A **monolith** has a rather expensive taste in hardware. Being a large, single piece of software which continuously grows, it has to run on a single system which has to satisfy its compute, memory, storage, and networking requirements. The hardware of such capacity is not only complex and extremely pricey, but at times challenging to procure.

Since the entire monolith application runs as a single process, the scaling of individual features of the monolith is almost impossible. It internally supports a hardcoded number of connections and operations. However, scaling the entire application can be achieved by manually deploying a new instance of the monolith on another server, typically behind a load balancing appliance - another pricey solution.

During upgrades, patches or migrations of the monolith application downtime is inevitable and maintenance windows have to be planned well in advance as disruptions in service are expected to impact clients. While there are third party solutions to minimize downtime to customers by setting up monolith applications in a highly available active/passive configuration, they introduce new challenges for system engineers to keep all systems at the same patch level and may introduce new possible licensing costs.

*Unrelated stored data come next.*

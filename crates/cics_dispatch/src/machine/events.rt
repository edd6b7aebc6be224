//! What a region is asked, and what it tells.

use crate::machine::outcomes::{Expired, Outcome, Refused, Woken};
use crate::machine::reasons::Reason;
use cics_names::{Command, Name4, Name8};

/// What a region is asked to do.
#[derive(Drop)]
pub enum Request {
    /// ATTACH: the task of a label begins for a transaction. A command of it may wait for
    /// `dtimout` seconds, 0 for no limit.
    Attach {
        label: Name8,
        transaction: Name4,
        dtimout: u64,
    },
    /// The clock is set, in seconds.
    Clock(u64),
    /// The task of a label issues a command.
    Issue(Name8, Command),
    /// SHUTDOWN IMMEDIATE.
    Shutdown,
}

/// Whom a refused request is for.
#[derive(Clone, Copy, PartialEq, Eq)]
pub enum Subject {
    /// The task of a label.
    Task(Name8),
    /// The clock.
    Clock,
    /// The shutdown.
    Shutdown,
}

/// What a region did, as it was asked or by itself.
#[derive(PartialEq, Eq, Drop)]
pub enum Event {
    /// The task of a label was attached for a transaction.
    Attached(Name8, Name4),
    /// The task of a label issued a command, with this outcome. If it failed a check, this is the
    /// first that it failed.
    Issued(Name8, Outcome, Option<Reason>),
    /// A waiting command resumed.
    Woken(Woken),
    /// A task had waited too long, and was abended.
    Expired(Expired),
    /// The clock was set, in seconds.
    ClockSet(u64),
    /// The region was shut down. That backed out so many units of work.
    ShutDown(u64),
    /// A request was refused, which changed nothing.
    Refused(Subject, Refused),
}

## The Modern Microservice

Pebbles, as opposed to the 1000-ton boulder, are much easier to handle. They are carved out of the monolith, separated from one another, becoming distributed components each described by a set of specific characteristics. Once weighed all together, the pebbles make up the weight of the entire boulder. These pebbles represent loosely coupled microservices, each performing a specific business function. All the functions grouped together form the overall functionality of the original monolithic application. Pebbles are easy to select and group together based on color, size, shape, and require minimal effort to relocate when needed. Try relocating the 1000-ton boulder, effortlessly.

**Microservices** can be deployed individually on separate servers provisioned with fewer resources - only what is required by each service and the host system itself, helping to lower compute resource expenses.

Microservices-based architecture is aligned with Event-driven Architecture and Service-Oriented Architecture (SOA) principles, where complex applications are composed of small independent processes which communicate with each other through Application Programming Interfaces (APIs) over a network. APIs allow access by other internal services of the same application or external, third-party services and applications.

Each microservice is developed and written in a modern programming language, selected to be the best suitable for the type of service and its business function. This offers a great deal of flexibility when matching microservices with specific hardware when required, allowing deployments on inexpensive commodity hardware.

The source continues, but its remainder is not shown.